A total of 54 animal taxa have been recorded from the Lukina jama—Trojama cave system, of which 32 are true cave dwellers [20]. Among these, the cave system houses the endemic snail Zospeum tholussum Weigand, 2013 and one of the largest known colonies of the subterranean leech Croatobranchus mestrovi Kerovec, Kučinić et Jalžić, 1999 [2122].

Material and Methods

Collection of specimens

Permission for collecting cave fauna was issued by The Ministry of Environmental and Nature Protection, Croatia. Altogether 16 females have been collected in the Lukina jama—Trojama cave system. During an expedition between 29th July and 3rd August in 2010 one female was found on the wet wall of the cave at about 800 m depth. During a second expedition between 1th and 3rd August 2011, two females were collected on the wall in the chamber at 980 m depth (Fig 1C). During a third expedition between 8th and 12th August in 2013 altogether 13 females were collected using sticky traps placed directly on the walls of the cave. The specimens were preserved in alcohol and later mounted in Canada Balsam following the procedure outlined by Sæther [23].

Morphological description

The general morphology follows Sæther [24]. The measurements are given as ranges, followed by the mean when four or more specimens were measured, followed by the number of specimens measured in parentheses.

DNA extraction, PCR amplification and sequencing

The thorax and part of the abdomen of five specimens were kept in alcohol and used for DNA extraction. The DNA was extracted non-invasively using the QIAGEN DNeasy® Blood and Tissue kit and amplified with PCR following protocols as specified in S1 Text and S1 Table. The markers 18S rDNA, 28S rDNA and COI were amplified using primers as specified in Cranston et al. [25]; GenBank accession numbers and voucher collection numbers for the two successfully sequenced specimens are listed in the S2 Table. Two further markers, CADI and CADIV, failed to amplify in our study, but were nevertheless included in the final analysis for topological stability with respect to Cranston et al. [25].

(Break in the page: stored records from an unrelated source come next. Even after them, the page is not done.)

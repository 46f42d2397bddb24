ghost use Rattle.std.specs.Prelude.{◌≡◌, ◌<◌, ◌≤◌, ◌^◌, ◌+◌, ◌++◌, ◌∷◌, ℕ, [], List, All, IfOk, length, map, reverse, vec_len, vec_capacity};
ghost use Rattle.cp_turn.specs.Passes.{IsOutside};
ghost use Rattle.cp_turn_hall.specs.Behind.{IsPassOf};
ghost use Rattle.cp_crew.specs.Staff.{IsSeated, all_seated, hall_pass, seated};

use crate::crew::{CallerList, Shells};
use cp_call::{Caller, Machine};
use cp_io::{Gate, Sink};
use cp_round::{Bells, Worker};
use cp_shell::Shell;
use cp_turn_hall::{HallPass, HallPasses, HallSeat, TurnHall};
use cp_turn_port::{PortPass, PortPasses, PortSeat, TurnPort};
use std::alloc::{AllocError, Global};
use std::sync::Wait;

/// A worker at the seats of its number.
pub(crate) type Seated<'a, R, G, M, S, C> = Worker<
    'a,
    M,
    HallSeat<'a, R, G>,
    PortSeat<'a, R, S>,
    C,
>;

/// What workers are made of.
#[derive(Drop)]
pub(crate) struct Staff<M: Machine, S: Sink, C: Caller> {
    pub shells: Vec<Shell<M>>,
    pub hall_passes: Vec<HallPass>,
    pub port_passes: Vec<PortPass<S>>,
    pub callers: Vec<C>,
}

/// Room for what so many workers are made of.
pub(crate) fn room<M: Machine, S: Sink, C: Caller>(
    alloc: Global,
    workers: usize,
) -> Result<Staff<M, S, C>, AllocError>
    ensures shells { IfOk result (λ r. (r.shells.items ≡ []) × (workers ≤ vec_capacity r.shells)) }
    ensures hall_passes { IfOk result (λ r. (r.hall_passes.items ≡ []) × (workers ≤ vec_capacity r.hall_passes)) }
    ensures port_passes { IfOk result (λ r. (r.port_passes.items ≡ []) × (workers ≤ vec_capacity r.port_passes)) }
    ensures callers { IfOk result (λ r. (r.callers.items ≡ []) × (workers ≤ vec_capacity r.callers)) }
{
    Ok(Staff {
        shells: Vec::with_capacity(alloc, workers)?,
        hall_passes: Vec::with_capacity(alloc, workers)?,
        port_passes: Vec::with_capacity(alloc, workers)?,
        callers: Vec::with_capacity(alloc, workers)?,
    })
}

// Seats one worker.
fn seat_one<'a, R: Wait, G: Gate, M: Machine, S: Sink, C: Caller>(
    rt: &'a R,
    gate: &'a G,
    hall: &'a TurnHall,
    port: &'a TurnPort<S>,
    bells: &'a Bells,
    shell: Shell<M>,
    hall_pass: HallPass,
    port_pass: PortPass<S>,
    caller: C,
) -> Seated<'a, R, G, M, S, C>
    requires { IsSeated M.code M.Rule.asks M.Rule.objects (seated hall.now port.now shell hall_pass port_pass caller) }
    ensures { result ≡ seated hall.entry.now port.entry.now shell hall_pass port_pass caller }
{
    let asker = hall.seat(rt, gate, hall_pass);
    let writer = port.seat(rt, port_pass);
    Worker::new(shell, asker, writer, caller, bells)
}

/// Seats workers, in order. There is room for them.
pub(crate) fn seat_all<'a, R: Wait, G: Gate, M: Machine, S: Sink, C: Caller>(
    rt: &'a R,
    gate: &'a G,
    hall: &'a TurnHall,
    port: &'a TurnPort<S>,
    bells: &'a Bells,
    staff: Staff<M, S, C>,
    places: Vec<Seated<'a, R, G, M, S, C>>,
) -> Vec<Seated<'a, R, G, M, S, C>>
    requires hall_passes { length staff.hall_passes.items ≡ length staff.shells.items }
    requires port_passes { length staff.port_passes.items ≡ length staff.shells.items }
    requires callers { length staff.callers.items ≡ length staff.shells.items }
    requires seated { All (IsSeated M.code M.Rule.asks M.Rule.objects) (all_seated hall.now port.now staff.shells.items staff.hall_passes.items staff.port_passes.items staff.callers.items) }
    requires places { (places.items ≡ []) × (length staff.shells.items ≤ vec_capacity places) }
    ensures { result.items ≡ all_seated hall.entry.now port.entry.now staff.shells.items staff.hall_passes.items staff.port_passes.items staff.callers.items }
{
    let mut workers = places;
    let Staff {
        mut shells,
        mut hall_passes,
        mut port_passes,
        mut callers,
    } = staff;
    while let Some(shell) = shells.pop() {
        let Some(hall_pass) = hall_passes.pop() else {
            unreachable!()
        };
        let Some(port_pass) = port_passes.pop() else {
            unreachable!()
        };
        let Some(caller) = callers.pop() else {
            unreachable!()
        };
        let worker = seat_one(
            rt, gate, hall, port, bells, shell, hall_pass, port_pass, caller,
        );
        workers.push_reserved(worker);
    }
    workers.reverse();
    workers
}

/// Takes workers apart, in order. There is room for what they are made of.
pub(crate) fn dismiss_all<R: Wait, G: Gate, M: Machine, S: Sink, C: Caller>(
    workers: Vec<Seated<'_, R, G, M, S, C>>,
    room: Staff<M, S, C>,
) -> Staff<M, S, C>
    requires shells { (room.shells.items ≡ []) × (length workers.items ≤ vec_capacity room.shells) }
    requires hall_passes { (room.hall_passes.items ≡ []) × (length workers.items ≤ vec_capacity room.hall_passes) }
    requires port_passes { (room.port_passes.items ≡ []) × (length workers.items ≤ vec_capacity room.port_passes) }
    requires callers { (room.callers.items ≡ []) × (length workers.items ≤ vec_capacity room.callers) }
    ensures shells { result.shells.items ≡ map (λ w. w.shell) workers.entry.items }
    ensures hall_passes { result.hall_passes.items ≡ map hall_pass workers.entry.items }
    ensures port_passes { result.port_passes.items ≡ map (λ w. w.port.pass) workers.entry.items }
    ensures callers { result.callers.items ≡ map (λ w. w.caller) workers.entry.items }
    ensures seated { All (IsSeated M.code M.Rule.asks M.Rule.objects) workers.entry.items }
{
    let mut staff = room;
    let mut workers = workers;
    while let Some(worker) = workers.pop() {
        dismiss_one(worker, &mut staff);
    }
    reversed(staff)
}

// The same in the other order.
fn reversed<M: Machine, S: Sink, C: Caller>(staff: Staff<M, S, C>) -> Staff<M, S, C>
    ensures shells { result.shells.items ≡ reverse staff.shells.items }
    ensures hall_passes { result.hall_passes.items ≡ reverse staff.hall_passes.items }
    ensures port_passes { result.port_passes.items ≡ reverse staff.port_passes.items }
    ensures callers { result.callers.items ≡ reverse staff.callers.items }
{
    let Staff {
        mut shells,
        mut hall_passes,
        mut port_passes,
        mut callers,
    } = staff;
    shells.reverse();
    hall_passes.reverse();
    port_passes.reverse();
    callers.reverse();
    Staff {
        shells,
        hall_passes,
        port_passes,
        callers,
    }
}

// Takes one worker apart.
fn dismiss_one<R: Wait, G: Gate, M: Machine, S: Sink, C: Caller>(
    worker: Seated<'_, R, G, M, S, C>,
    staff: &mut Staff<M, S, C>,
)
    requires shells { vec_len staff.old.shells < vec_capacity staff.old.shells }
    requires hall_passes { vec_len staff.old.hall_passes < vec_capacity staff.old.hall_passes }
    requires port_passes { vec_len staff.old.port_passes < vec_capacity staff.old.port_passes }
    requires callers { vec_len staff.old.callers < vec_capacity staff.old.callers }
    ensures shells { (staff.new.shells.items ≡ staff.old.shells.items ++ worker.entry.shell ∷ []) × (vec_len staff.new.shells ≡ vec_len staff.old.shells + 1) × (vec_capacity staff.new.shells ≡ vec_capacity staff.old.shells) }
    ensures hall_passes { (staff.new.hall_passes.items ≡ staff.old.hall_passes.items ++ hall_pass worker.entry ∷ []) × (vec_len staff.new.hall_passes ≡ vec_len staff.old.hall_passes + 1) × (vec_capacity staff.new.hall_passes ≡ vec_capacity staff.old.hall_passes) }
    ensures port_passes { (staff.new.port_passes.items ≡ staff.old.port_passes.items ++ worker.entry.port.pass ∷ []) × (vec_len staff.new.port_passes ≡ vec_len staff.old.port_passes + 1) × (vec_capacity staff.new.port_passes ≡ vec_capacity staff.old.port_passes) }
    ensures callers { (staff.new.callers.items ≡ staff.old.callers.items ++ worker.entry.caller ∷ []) × (vec_len staff.new.callers ≡ vec_len staff.old.callers + 1) × (vec_capacity staff.new.callers ≡ vec_capacity staff.old.callers) }
    ensures seated { IsSeated M.code M.Rule.asks M.Rule.objects worker.entry }
{
    let (shell, asker, writer, caller) = worker.into_parts();
    staff.shells.push_reserved(shell);
    staff.hall_passes.push_reserved(asker.into_pass());
    staff.port_passes.push_reserved(writer.into_pass());
    staff.callers.push_reserved(caller);
}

The gene regions were aligned in Mega v6.0.6. [26] using a combination of MUSCLE [27] and manual alignment. Ambiguous regions were excluded in GBlocks v0.91b [2829], with all the options set for a less stringent selection. This method was sufficient for 28S rDNA; however, for 18S rDNA the amount of hypervariable regions made it necessary to align manually according to secondary structure. The alignment and reference sequence are available in S2 and S3 Texts.

Molecular phylogenetic analysis

The sequences were compared with all Orthocladiinae sequences from Cranston et al. [25] using Diamesinae and Prodiamesinae as outgroups. The final data set consists of 3.709 characters, 1.560 of which are parsimony informative, in a matrix of 67 taxa. Analyses were carried out in PAUP*, MEGA and mrBayes v3.2.3, using Bayesian methods [26, 3031]. Models were selected and tested using JModeltest [32] in combination with PAUP*. Bayesian analysis was performed using 10 million generations, 4 MCMC chain reactions and the model GTR+G+I as selected by JModeltest for all genes.

Type material

The holotype and 3 paratypes are deposited in the Croatian Biospeleological Society (CBSS) collection, which is a part of Croatian Natural History Museum collection in Zagreb, Croatia. Three paratypes, along with DNA extracts are deposited in the University Museum of Bergen, Bergen, Norway (ZMBN) and an additional paratype is deposited in the Zoologische Staatssammlung München, Munich, Germany (ZSM).

Nomenclatural acts

The electronic edition of this article conforms to the requirements of the amended International Code of Zoological Nomenclature, and hence the new names contained herein are available under that Code from the electronic edition of this article. This published work and the nomenclatural acts it contains have been registered in ZooBank, the online registration system for the ICZN. The ZooBank LSIDs (Life Science Identifiers) can be resolved and the associated information viewed through any standard web browser by appending the LSID to the prefix "". The LSID for this publication is: The electronic edition of this work was published in a journal with an ISSN, and has been archived and is available from the following digital repositories: PubMed Central, LOCKSS, and Cristin (


Troglocladius Andersen, Baranov et Hagenlund, gen. n.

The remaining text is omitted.